Things are down to the wire for the political groups Act on Mass and the Coalition to Reform Our Legislature to get a nonbinding ballot question about stipend reform onto the ballot in Cambridge.
The groups have a “final push” signature collection drive at 6:30 p.m. Monday at Cambridge City Hall, when members break into groups to collect names there, outside the nearby 1369 Coffee House, at the Cambridge Main Library and at the Porter Square T stop. The groups are targeting the 25th Middlesex District where Act on Mass has endorsed second-time challenger Evan McKay against incumbent Marjorie Decker.
Both candidates urge stipend reform.
Two hundred signatures are needed in 14 state House of Representatives districts before Wednesday and 1,200 in the state Senate Suffolk & Middlesex district, the groups said on Monday.
Around half the districts have the needed signatures. The 25th Middlesex is “one of the ones that is lagging,” said Scotia Hille, executive director of Act on Mass. The group has a mission of advocating for transparency at the Massachusetts State House.

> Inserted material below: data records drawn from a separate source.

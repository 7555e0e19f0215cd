//! Numbers, bytes and lines as text, JSON and XML.

use crate::call::{Call, decimal, given, sides};
use crate::writing::{push, push_quoted, push_some_decimal};
use evm_room::Refused;
use evm_text::{
    after_word, cut_ended, cut_line, decimal_at, hexadecimal_at, pairs_at, push_decimal,
    push_hexadecimal, push_hexadecimal_padded, push_pairs,
};
use std::alloc::Global;
use std::io::{self, ErrorKind};
use text_markup::{Draft, Key, Share, Tag, finished};

/// The decimal number at the front.
pub(crate) fn decimal_front(call: &Call<'_>, out: &mut String) -> io::Result<()> {
    push_some_decimal(out, decimal_at(call.argument).map(|read| read.0))
}

/// The hexadecimal number at the front, in decimal.
pub(crate) fn hexadecimal_front(call: &Call<'_>, out: &mut String) -> io::Result<()> {
    push_some_decimal(out, hexadecimal_at(call.argument).map(|read| read.0))
}

/// How many pairs of digits are at the front, their bytes, and what follows them.
pub(crate) fn pairs_front(call: &Call<'_>, out: &mut String) -> io::Result<()> {
    let Some((bytes, rest)) = pairs_at(call.argument) else {
        return push(out, "none");
    };
    let count = bytes.len();
    write!(out, "{count}")?;
    for byte in bytes.as_slice() {
        write!(out, " {byte}")?;
    }
    push(out, " ")?;
    push_quoted(out, rest)
}

/// What follows the word before the bar, in the text behind it.
pub(crate) fn behind(call: &Call<'_>, out: &mut String) -> io::Result<()> {
    let (word, text) = call.halves()?;
    match after_word(word.as_bytes(), text.as_bytes()) {
        Some(rest) => push_quoted(out, rest),
        None => push(out, "none"),
    }
}

/// A decimal number in decimal, in hexadecimal, and in this many hexadecimal digits.
pub(crate) fn number(call: &Call<'_>, out: &mut String) -> io::Result<()> {
    let (number, digits) = sides(' ', call.text()?)?;
    let number = decimal(number)?;
    given(push_decimal(out, number))?;
    push(out, " ")?;
    given(push_hexadecimal(out, number))?;
    push(out, " ")?;
    let Ok(digits) = u8::try_from(decimal(digits)?) else {
        return Err(ErrorKind::InvalidInput.into());
    };
    if digits > 16 {
        return Err(ErrorKind::InvalidInput.into());
    }
    given(push_hexadecimal_padded(out, digits, number))
}

/// Bytes as pairs of digits.
pub(crate) fn pairs(call: &Call<'_>, out: &mut String) -> io::Result<()> {
    given(push_pairs(out, call.argument))
}

// Lines, each between quotes, and what follows the last.
fn push_cut(out: &mut String, cut: Option<(&[u8], &[u8])>) -> io::Result<()> {
    let Some((line, rest)) = cut else {
        return push(out, "none");
    };
    push_quoted(out, line)?;
    push(out, " ")?;
    push_quoted(out, rest)
}

/// The first line, and what follows it.
pub(crate) fn first_line(call: &Call<'_>, out: &mut String) -> io::Result<()> {
    push_cut(out, cut_line(call.argument))
}

/// The first line that has its newline, and what follows it.
pub(crate) fn ended_line(call: &Call<'_>, out: &mut String) -> io::Result<()> {
    push_cut(out, cut_ended(call.argument))
}

/// A string of JSON.
pub(crate) fn json(call: &Call<'_>, out: &mut String) -> io::Result<()> {
    given(text_markup::push_quoted(out, call.argument))
}

// A drawing of one text of a class, and of a circle that stands for events.
fn drawing(alloc: Global, class: &str, text: &str) -> Result<Vec<u8>, Refused> {
    let draft = Draft::svg(alloc)?.number(Key::Width, 4_294_967_295)?;
    let draft = draft
        .enter()?
        .open(Tag::Text)?
        .attribute(Key::Class, class)?;
    let draft = draft.enter()?.text(text)?.close()?;
    let share = Share {
        lane: 8,
        first: 120,
        count: 3,
        events: 2,
    };
    finished(
        draft
            .open(Tag::Circle)?
            .number(Key::Radius, 0)?
            .events(share)?
            .end()?,
    )
}

/// A drawing of a text; its class is before the bar.
pub(crate) fn xml(call: &Call<'_>, out: &mut String) -> io::Result<()> {
    let (class, text) = call.halves()?;
    let bytes = given(drawing(call.alloc, class, text))?;
    push_quoted(out, bytes.as_slice())
}
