//! The devices of a machine.

ghost use Rattle.std.specs.Prelude.{◌≡◌, IfOk};
ghost use Rattle.evm_devs.specs.Devices.{program_devices};

use crate::any_device::AnyDevice;
use crate::attached::Devices;
use crate::console::Console;
use crate::mail_ring::MailRing;
use crate::pins::Pins;
use evm_room::NoMemory;
use std::alloc::Global;

/// The devices that each program attaches: a console, a mailbox and pins. So a journal of one program is replayed by another.
///
/// # Errors
///
/// Memory was refused.
pub fn program_devices(alloc: Global) -> Result<Devices<AnyDevice>, NoMemory>
    ensures { IfOk result (λ devices. devices ≡ program_devices) }
{
    let Ok(mut devices) = Devices::new(alloc) else {
        return Err(NoMemory);
    };
    devices.push(AnyDevice::Console(Console::new(alloc)?));
    devices.push(AnyDevice::MailRing(MailRing::new(alloc)?));
    devices.push(AnyDevice::Pins(Pins::new()));
    Ok(devices)
}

The question would ask voters to say they want their representatives in each district to vote in favor of legislation or rules “to reduce the House speaker’s and Senate president’s control over state legislators’ stipends (extra pay) and to provide stipends only to legislators who do significant extra work that is transparent and accountable to the public.”
The base pay for a Massachusetts legislator is $82,000 per year. Committee chairs and other leadership positions, such as House speaker, are additionally compensated with money and staff – 149 out of 200 state senators and representatives, the groups say. The stipends can reach upward of $119,000 atop legislators’ base salary.
In a May forum held by the Cambridge Committee for Transparency and Accountability in Government, MacKay and Decker discussed stipend committee payouts, with MacKay on the attack over the dozen committee chairs whose committees have never met. Decker, chair of the Public Health Committee and compensated monetarily and with three additional staffers, agreed but noted that she is the lowest paid of all chairs while overseeing one of the most important and busiest committees in the House.
“Passing this would show our legislature that voters want a Legislature that works for them, not one where our representatives must bend to leadership’s will or risk loss of pay,” the groups said in an email.
Cambridge City Hall is at 795 Massachusetts Ave., Central Square.